There was a saccular aneurysm of the ascending aorta (Figure 1) beginning at its root and ascending some 8 cm with atheroma and focal severe ulcerated calcified plaques. There was no dissection of the saccular aneurysm of the aorta.
Aortic aneurysm with atheroma, focal calcification, and ulceration (arrow A)
There was also a saccular aneurysm of the pulmonary trunk (Figure 2) that had ruptured into the mediastinum and pericardial sac, causing haemo-mediastinum and cardiac tamponade. There was no pneumothorax or haemothorax. There was no pulmonary embolism, infarction, or consolidation. Both lungs were overweight (the left weighed 800 g and the right 840 g), oedematous, and had emphysematous changes and features of chronic obstructive airways disease. The peri-bronchial and mediastinal lymph nodes had anthracotic pigment.
Dissection of the pulmonary trunk (A arrow), intimal tear of the pulmonary trunk (B arrow), and pulmonary valve cusp (C arrow)
The oesophagus, stomach, and the rest of the gastrointestinal system were grossly unremarkable. The internal reproductive organs were atrophic.
There was no injury to the axial or appendicular skeleton. The brain was oedematous. There were no epidural, subdural, or subarachnoid haemorrhages, nor parenchymal infarction.
Histology
Lungs: There was aneurysmal dilatation of the pulmonary trunk. This dilatation continued to involve the branches of the pulmonary artery within the lung parenchyma. The walls of the pulmonary artery displayed irregular eccentric hypertrophy interrupted with aneurysmal dilatation to paper-thinness. There was pulmonary oedema and also emphysematous changes as seen in chronic obstructive pulmonary disease (Figure 3).

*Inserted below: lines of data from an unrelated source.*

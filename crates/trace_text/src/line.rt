// A line of a text: its words, and what stands at their places.
ghost use Rattle.std.specs.Prelude.{◌≡◌, ◌+◌, ◌-◌, ◌<◌, ◌≤◌, Ok, IfOk};
ghost use Rattle.std.specs.Str.{bytes_eq};
ghost use Rattle.request.specs.Decoded.{and_then};
ghost use Rattle.trace_text.specs.Lines.{ends, key_at, kind_at, expect_name, next_at, number_at, some_word, is_silent, number_within};
ghost use Rattle.trace_text.specs.Names.{spelling};
ghost use Rattle.trace_text.specs.Words.{begins_comment, number_of, word_at};

use crate::fault::Reason;
use crate::names::{Name, kind_by_word};
use crate::pieces::{Pieces, is_blank};
use request::Kind;

// Any larger number counts as this one, which is out of all bounds.
const TOO_LARGE: u64 = 0x1_0000_0000;

// The decimal number that a word is, which isn't empty.
// By hand, since `str::parse` takes a `+` in front, and a number too large is none to it, where here it is out of
// bounds.
fn number_of(word: &[u8]) -> Option<u64>
    ensures { result ≡ number_of word.now }
{
    let mut number: u64 = 0;
    for byte in word {
        if !byte.is_ascii_digit() {
            return None;
        }
        number = (10 * number + u64::from(*byte - b'0')).min(TOO_LARGE);
    }
    Some(number)
}

// A missing first byte counts as 0.
fn begins_comment(piece: &[u8]) -> bool
    ensures { result ≡ begins_comment piece.now }
{
    piece.first() == Some(&b'#')
}

// The number by which the word at a place is told: from 1 on.
fn ordinal(place: u8) -> usize
    ensures { result ≡ place + 1 }
{
    usize::from(place) + 1
}

// A line's bytes. Its words count from 0; where none stands, the word is empty.
#[derive(Clone, Copy)]
pub(crate) struct Line<'a> {
    pub(crate) bytes: &'a [u8],
}

impl<'a> Line<'a> {
    // Never inlined: in a function of its own the loop over blanks is short.
    #[inline(never)]
    fn word(self, place: u8) -> &'a [u8]
        ensures { result.now ≡ word_at self.entry.bytes.now place }
    {
        Pieces { rest: self.bytes }
            .take_while(|piece| !begins_comment(piece))
            .nth(usize::from(place))
            .unwrap_or(&[])
    }

    // The word there, which is not empty.
    fn some_word(self, place: u8) -> Result<&'a [u8], Reason>
        ensures { and_then result (λ word. Ok word.now) ≡ some_word self.entry.bytes.now place }
    {
        let word = self.word(place);
        if word.is_empty() {
            return Err(Reason::Missing {
                word: ordinal(place),
            });
        }
        Ok(word)
    }

    // A blank line, or a comment.
    pub(crate) fn is_silent(self) -> bool
        ensures { result ≡ is_silent self.entry.bytes.now }
    {
        let Some(first) = self.bytes.iter().find(|byte| !is_blank(**byte)) else {
            return true;
        };
        *first == b'#'
    }

    pub(crate) fn is_named(self, place: u8, name: Name) -> bool
        ensures { result ≡ bytes_eq (word_at self.entry.bytes.now place) (spelling name) }
    {
        self.word(place) == name.spelling().as_bytes()
    }

    pub(crate) fn expect_name(self, place: u8, name: Name) -> Result<(), Reason>
        ensures { result ≡ expect_name name self.entry.bytes.now place }
    {
        if !self.is_named(place, name) {
            return Err(Reason::Expected { name });
        }
        Ok(())
    }

    // The kind of request that the word there asks for.
    pub(crate) fn kind(self, place: u8) -> Result<Kind, Reason>
        ensures { result ≡ kind_at self.entry.bytes.now place }
    {
        let Some(kind) = kind_by_word(self.some_word(place)?) else {
            return Err(Reason::NotARequest {
                word: ordinal(place),
            });
        };
        Ok(kind)
    }

    pub(crate) fn number(self, place: u8) -> Result<u64, Reason>
        ensures { result ≡ number_at self.entry.bytes.now place }
    {
        let Some(number) = number_of(self.some_word(place)?) else {
            return Err(Reason::NotANumber {
                word: ordinal(place),
            });
        };
        Ok(number)
    }

    // The number there, if it lies within its bounds.
    pub(crate) fn number_within(self, place: u8, low: u64, high: u64) -> Result<u64, Reason>
        ensures value { result ≡ number_within low high self.entry.bytes.now place }
        ensures bounds { IfOk result (λ n. (low ≤ n) × (n ≤ high)) }
    {
        let number = self.number(place)?;
        if number < low || high < number {
            return Err(Reason::OutOfBounds {
                word: ordinal(place),
            });
        }
        Ok(number)
    }

    // The number there, if it is below the bound: that of a user or a compartment.
    pub(crate) fn below(self, place: u8, bound: usize) -> Result<u64, Reason>
        requires { 0 < bound }
        ensures value { result ≡ number_within 0 (bound - 1) self.entry.bytes.now place }
        ensures below { IfOk result (λ n. n < bound) }
    {
        self.number_within(place, 0, bound as u64 - 1)
    }

    // A key or an amount.
    pub(crate) fn key(self, place: u8) -> Result<u32, Reason>
        ensures { result ≡ key_at self.entry.bytes.now place }
    {
        let Ok(key) = u32::try_from(self.number(place)?) else {
            return Err(Reason::OutOfBounds {
                word: ordinal(place),
            });
        };
        Ok(key)
    }

    // The number of a user or a compartment, which has to be the next one.
    pub(crate) fn next_number(self, place: u8, next: usize) -> Result<(), Reason>
        ensures { result ≡ next_at next self.entry.bytes.now place }
    {
        if self.number(place)? != next as u64 {
            return Err(Reason::NotNext { next });
        }
        Ok(())
    }

    // No word stands there any more.
    pub(crate) fn ends(self, place: u8) -> Result<(), Reason>
        ensures { result ≡ ends self.entry.bytes.now place }
    {
        if !self.word(place).is_empty() {
            return Err(Reason::TooMany {
                word: ordinal(place),
            });
        }
        Ok(())
    }
}
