// A user's contract, from a line.
ghost use Rattle.std.specs.Prelude.{◌≡◌, ◌≤◌, length, Ok, IfOk};
ghost use Rattle.request.specs.Decoded.{and_then};
ghost use Rattle.trace_text.specs.Lines.{check_compartment, user_said, check_view, view_from, view_said, check_writes};
ghost use Rattle.trace_text.specs.Said.{user_view};

use crate::fault::Reason;
use crate::line::Line;
use crate::names::Name;
use base::{ArrayList, COMPARTMENTS};
use policy::Contract;

// The compartments behind `sees`, up to the word `writes`.
// By place and not over the words: where the line ends too soon, a word is missing.
fn view_in(line: Line) -> Result<ArrayList<u64, COMPARTMENTS>, Reason>
    ensures value { and_then result (λ view. Ok view.items) ≡ view_from 16 line.entry.bytes.now 3 }
    ensures few { IfOk result (λ view. length view.items ≤ 16) }
{
    let mut view = ArrayList::new(0);
    for place in 3..3 + COMPARTMENTS as u8 {
        if line.is_named(place, Name::Writes) {
            return Ok(view);
        }
        view.push(line.below(place, COMPARTMENTS)?).unwrap();
    }
    Ok(view)
}

// A compartment that a user sees is there, and isn't among those that follow it in the view.
fn check_compartment(
    compartment: u64,
    others: &[u64],
    user: usize,
    compartments: u64,
) -> Result<(), Reason>
    ensures { result ≡ check_compartment compartments user compartment others.now }
{
    if compartment >= compartments {
        return Err(Reason::NoCompartment { compartment });
    }
    if others.contains(&compartment) {
        return Err(Reason::SeenTwice { user, compartment });
    }
    Ok(())
}

fn check_view(view: &[u64], user: usize, compartments: u64) -> Result<(), Reason>
    ensures { result ≡ check_view compartments user view.now }
{
    for (place, compartment) in view.iter().enumerate() {
        check_compartment(*compartment, &view[place + 1..], user, compartments)?;
    }
    Ok(())
}

// The user sees something, and what they write in.
fn check_writes(view: &[u64], writes: u64, user: usize) -> Result<(), Reason>
    ensures { result ≡ check_writes user view.now writes }
{
    if view.is_empty() {
        return Err(Reason::SeesNothing { user });
    }
    if !view.contains(&writes) {
        return Err(Reason::WritesUnseen {
            user,
            compartment: writes,
        });
    }
    Ok(())
}

// The view and the compartment written in, after `sees`.
fn contract_in(line: Line, user: usize, compartments: u64) -> Result<Contract, Reason>
    ensures { and_then result (λ c. Ok (user_view c)) ≡ view_said user compartments line.entry.bytes.now }
{
    let view = view_in(line)?;
    let place = 3 + view.as_slice().len() as u8;
    line.expect_name(place, Name::Writes)?;
    let writes = line.below(place + 1, COMPARTMENTS)?;
    line.ends(place + 2)?;
    check_view(view.as_slice(), user, compartments)?;
    check_writes(view.as_slice(), writes, user)?;
    Ok(Contract::new(view, writes))
}

pub(crate) fn user_in(line: Line, user: usize, compartments: u64) -> Result<Contract, Reason>
    ensures { and_then result (λ c. Ok (user_view c)) ≡ user_said user compartments line.entry.bytes.now }
{
    line.expect_name(0, Name::User)?;
    line.next_number(1, user)?;
    line.expect_name(2, Name::Sees)?;
    contract_in(line, user, compartments)
}
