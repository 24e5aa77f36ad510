// Texts that are traces, and texts that are none.
use crate::{looks_like_text, read};
use std::alloc::{AllocError, Global};
use std::test::Fail;

// Two users and two compartments: six lines.
const POLICY: &str =
    "users 2\ncompartments 2\nuser 0 sees 1 0 writes 0\nuser 1 sees 1 writes 1\ncapacity 0 3\ncapacity 1 64\n";

// What is told of a text.
fn told(heap: Global, text: &str) -> Result<String, AllocError> {
    match read(heap, text.as_bytes()) {
        Ok(_) => String::from_str(heap, "read"),
        Err(error) => format!(in heap; "{error}"),
    }
}

fn tells(heap: Global, text: &str, words: &str) -> Result<bool, AllocError> {
    let told = told(heap, text)?;
    Ok(told.as_str() == words)
}

// Of the third line, behind the counts.
fn tells_user(heap: Global, line: &str, words: &str) -> Result<bool, AllocError> {
    let text = format!(in heap; "users 2\ncompartments 2\n{line}")?;
    tells(heap, text.as_str(), words)
}

// Of the seventh line, behind the policy.
fn tells_request(heap: Global, line: &str, words: &str) -> Result<bool, AllocError> {
    let text = format!(in heap; "{POLICY}{line}")?;
    tells(heap, text.as_str(), words)
}

#[test]
fn writes_bytes(rt: HostRuntime) -> Result<(), Fail> {
    let text = "# one user\n\nusers 1\n compartments\t1\r\nuser 0 sees 0 writes 0\ncapacity 0 3\n\
        31 delete 258\n0 total 1 4294967295";
    let trace = read(rt.alloc(), text.as_bytes())?;
    let bytes = trace_bytes::write(
        rt.alloc(),
        trace.numbers.as_slice(),
        trace.requests.as_slice(),
    )?;
    assert!(rt; bytes.len() == 39);
    let bytes = bytes.as_slice();
    assert!(rt; bytes[0..3] == [1, 1, 1]);
    assert!(rt; bytes[3..20] == [0; 17]);
    assert!(rt; bytes[20..28] == [3, 0, 1, 31, 2, 1, 0, 0]);
    assert!(rt; bytes[28..39] == [3, 0, 1, 1, 0, 0, 0, 255, 255, 255, 255]);
    Ok(())
}

#[test]
fn refuses_counts(rt: HostRuntime) -> Result<(), Fail> {
    let heap = rt.alloc();
    assert!(rt; tells(heap, "users 3\n", "line 2: the policy is truncated")?);
    assert!(rt; tells(heap, "user 3", "line 1: expected users")?);
    assert!(rt; tells(heap, "users 1x", "line 1: word 2 is not a number")?);
    assert!(rt; tells(heap, "\n# none\nusers 0", "line 3: word 2 is out of bounds")?);
    assert!(rt; tells(heap, "users 33", "line 1: word 2 is out of bounds")?);
    assert!(rt; tells(heap, "users 2 3", "line 1: word 3 is too many")?);
    assert!(rt;
        tells(
            heap,
            "users 2\ncompartments 17",
            "line 2: word 2 is out of bounds"
        )?
    );
    Ok(())
}

#[test]
fn refuses_views(rt: HostRuntime) -> Result<(), Fail> {
    let heap = rt.alloc();
    assert!(rt; tells_user(heap, "user 1 sees 0 writes 0", "line 3: expected number 0")?);
    assert!(rt; tells_user(heap, "user 0 looks 0 writes 0", "line 3: expected sees")?);
    assert!(rt;
        tells_user(
            heap,
            "user 0 sees 0 0 writes 0",
            "line 3: user 0 sees compartment 0 twice"
        )?
    );
    assert!(rt;
        tells_user(
            heap,
            "user 0 sees 2 writes 2",
            "line 3: compartment 2 is not there"
        )?
    );
    assert!(rt;
        tells_user(
            heap,
            "user 0 sees 0 writes 1",
            "line 3: user 0 does not see compartment 1, where they write"
        )?
    );
    assert!(rt; tells_user(heap, "user 0 sees writes 0", "line 3: user 0 sees nothing")?);
    assert!(rt; tells_user(heap, "user 0 sees 0 1", "line 3: word 6 is missing")?);
    Ok(())
}

#[test]
fn refuses_requests(rt: HostRuntime) -> Result<(), Fail> {
    let heap = rt.alloc();
    assert!(rt; tells_request(heap, "31 shared 15 0 9 4294967295", "read")?);
    assert!(rt; tells_request(heap, "32 write 1 1", "line 7: word 1 is out of bounds")?);
    assert!(rt; tells_request(heap, "0 sell 1 1", "line 7: word 2 is not a request")?);
    assert!(rt; tells_request(heap, "0 write 1", "line 7: word 4 is missing")?);
    assert!(rt; tells_request(heap, "0 write 1 2 3", "line 7: word 5 is too many")?);
    assert!(rt;
        tells_request(
            heap,
            "0 write 4294967296 1",
            "line 7: word 3 is out of bounds"
        )?
    );
    assert!(rt; tells_request(heap, "0 copy 16 0 9", "line 7: word 3 is out of bounds")?);
    Ok(())
}

#[test]
fn passes_over_marks_and_comments(rt: HostRuntime) -> Result<(), Fail> {
    let heap = rt.alloc();
    assert!(rt;
        tells(
            heap,
            "\u{feff}# a trace\nusers 0 # none",
            "line 2: word 2 is out of bounds"
        )?
    );
    assert!(rt; tells_request(heap, "0 write 1 2 # 3 4", "read")?);
    assert!(rt; tells_request(heap, "0 write 1 #2", "line 7: word 4 is missing")?);
    assert!(rt; tells_request(heap, "0 write 1 2#3", "line 7: word 4 is not a number")?);
    assert!(rt; tells_request(heap, "0 # write 1 2", "line 7: word 2 is missing")?);
    assert!(rt;
        tells_user(
            heap,
            "user 0 sees 16 writes 0",
            "line 3: word 4 is out of bounds"
        )?
    );
    Ok(())
}

#[test]
fn knows_a_text(rt: HostRuntime) {
    assert!(rt; looks_like_text(b"\xef\xbb\xbf# a trace\n\n\tusers # and how many"));
    assert!(rt; looks_like_text(b"users"));
    assert!(rt; !looks_like_text(b"user 1"));
    assert!(rt; !looks_like_text(b"# users\n"));
    assert!(rt; !looks_like_text(&[3, 3, 2, 0, 1]));
    assert!(rt; !looks_like_text(b""));
}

Eccentric hypertrophy of the pulmonary artery wall (A arrow), adjacent aneurysmal dilatation to paper-thinness (B arrow), and alveolar spaces (C arrow) within the lung parenchyma (H&E x200)
Heart and Aorta: There was hypertrophy of the myocardial fibres. The coronary vessels were patent and void of atheroma. There was an aneurysmal dilatation of the aorta that had atheroma and focal ulcerated calcific plaque. There was no dissection of the aorta (Figure 1).
Liver: There was chronic passive venous congestion of the liver.
Discussion
Pulmonary artery aneurysm is an uncommon anomaly with a reported prevalence of one case being detected in 13,696 autopsies [1,2]. This prevalence report was done in the year 1947 [1], and an updated report might suggest an increasing incidence of pulmonary artery aneurysm since the advent of modern imaging techniques. The aetiology of pulmonary artery aneurysms is multifactorial [3] with infection [4], vasculitis [5], trauma [6], congenital heart disease [7], iatrogenic, and idiopathic [8,9] being the major contributing factors.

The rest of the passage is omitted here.